ABOUT THIS TASK
After locating "pub fn cut_parts(alloc: Global, input: &[u8], clients: u32)" in the listing below, copy that line and each one after it exactly, ending with the line that has "for _ in 0..clients".

WORKING DATA Block Start

//! The parts of a script for several clients.

ghost use Rattle.std.specs.Prelude.{◌≡◌, ◌≤◌, length, map, drop, IfOk};
ghost use Rattle.script_text.specs.Lines.{lines_of};
ghost use Rattle.script_text.specs.Parts.{is_mark_token, may_be_mark, is_mark_text, is_mark, before_mark, behind_mark, parts_of};

use crate::line_parser::{MAX_LINE, text_before_feed};
use crate::split::line_len;
use crate::tokens::{is_blank, split_tokens};
use std::alloc::{AllocError, Global};
use std::marker::Model;

/// A part of an input: the bytes where they stand in it.
#[derive(Drop)]
pub struct Part<'a> {
    bytes: &'a [u8],
}

impl<'a> Model for Part<'a> {
    ghost use Rattle.std.specs.Prelude.{List, ℕ};

    ghost Value = { List ℕ };

    ghost view = { λ part. part.bytes.now };
}

impl<'a> Part<'a> {
    fn new(bytes: &'a [u8]) -> Part<'a>
        ensures { result ≡ bytes.now }
    {
        Part { bytes }
    }

    pub fn as_slice(&self) -> &[u8]
        ensures { result.now ≡ self.now }
    {
        self.bytes
    }
}

fn is_mark_token(tokens: &[&[u8]]) -> bool
    ensures { result ≡ is_mark_token (map (λ token. token.now) tokens.now) }
{
    match tokens {
        [token] => *token == b"%%".as_slice(),
        _ => false,
    }
}

// Whether the first byte of a text allows that it is a mark. Most lines are told from marks by it.
fn may_be_mark(text: &[u8]) -> bool
    ensures { result ≡ may_be_mark text.now }
{
    match text {
        [b, ..] => *b == b'%' || is_blank(*b),
        [] => false,
    }
}

#[tactic(auto, using(crate::proofs::MarkLemmas::unmarked))]
fn is_mark_text(alloc: Global, length: usize, text: &[u8]) -> Result<bool, AllocError>
    ensures { IfOk result (λ mark. mark ≡ is_mark_text length text.now) }
{
    if length > MAX_LINE {
        return Ok(false);
    }
    if !may_be_mark(text) {
        return Ok(false);
    }
    let tokens = split_tokens(alloc, text)?;
    Ok(is_mark_token(&tokens))
}

// Whether a line parts scripts.
fn is_mark(alloc: Global, line: &[u8]) -> Result<bool, AllocError>
    ensures { IfOk result (λ mark. mark ≡ is_mark line.now) }
{
    match line {
        [before @ .., b'\n'] => is_mark_text(alloc, before.len(), text_before_feed(before)),
        _ => is_mark_text(alloc, line.len(), line),
    }
}

// What stands from that place on.
fn from_place(bytes: &[u8], at: usize) -> &[u8]
    requires { at ≤ length bytes.now }
    ensures { result.now ≡ drop at bytes.now }
{
    &bytes[at..]
}

// What stands before the first mark, and behind it.
fn cut_at_mark(alloc: Global, bytes: &[u8]) -> Result<(&[u8], &[u8]), AllocError>
    ensures before { IfOk result (λ cut. cut.0.now ≡ before_mark (lines_of bytes.now)) }
    ensures behind { IfOk result (λ cut. lines_of cut.1.now ≡ behind_mark (lines_of bytes.now)) }
{
    let mut at = 0;
    while at < bytes.len() {
        let rest = from_place(bytes, at);
        let len = line_len(rest);
        if is_mark(alloc, &rest[..len])? {
            return Ok((&bytes[..at], from_place(bytes, at + len)));
        }
        at += len;
    }
    Ok((bytes, from_place(bytes, bytes.len())))
}

/// The parts of an input for so many clients, where they stand in it: it is cut at the first lines whose only token is
/// `%%`, as many as there are clients, and a part that isn't there is empty. The first part stands before the first
/// such line.
pub fn cut_parts(alloc: Global, input: &[u8], clients: u32) -> Result<Vec<Part<'_>>, AllocError>
    ensures { IfOk result (λ parts. parts.items ≡ parts_of clients input.now) }
{
    let mut parts = Vec::new(alloc);
    let mut rest = input;
    for _ in 0..clients {
        let (part, behind) = cut_at_mark(alloc, rest)?;
        parts.push(Part::new(part))?;
        rest = behind;
    }
    parts.push(Part::new(rest))?;
    Ok(parts)
}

WORKING DATA Block End

YOUR SOLUTION
pub fn cut_parts(alloc: Global, input: &[u8], clients: u32) -> Result<Vec<Part<'_>>, AllocError>
    ensures { IfOk result (λ parts. parts.items ≡ parts_of clients input.now) }
{
    let mut parts = Vec::new(alloc);
    let mut rest = input;
    for _ in 0..clients {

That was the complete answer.